---- Listed entries

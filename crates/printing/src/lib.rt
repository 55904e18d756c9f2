// The frames that are printed, written into lent slices.
#![tactic(auto)]

pub mod lengths;
pub mod writer;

--------

- The task: Repeat the material from above exactly, word for word.

- Result for this task:
filename crates/printing/src/lib.rt
repository 55904e18d756c9f2
// The frames that are printed, written into lent slices.
#![tactic(auto)]

pub mod lengths;
pub mod writer;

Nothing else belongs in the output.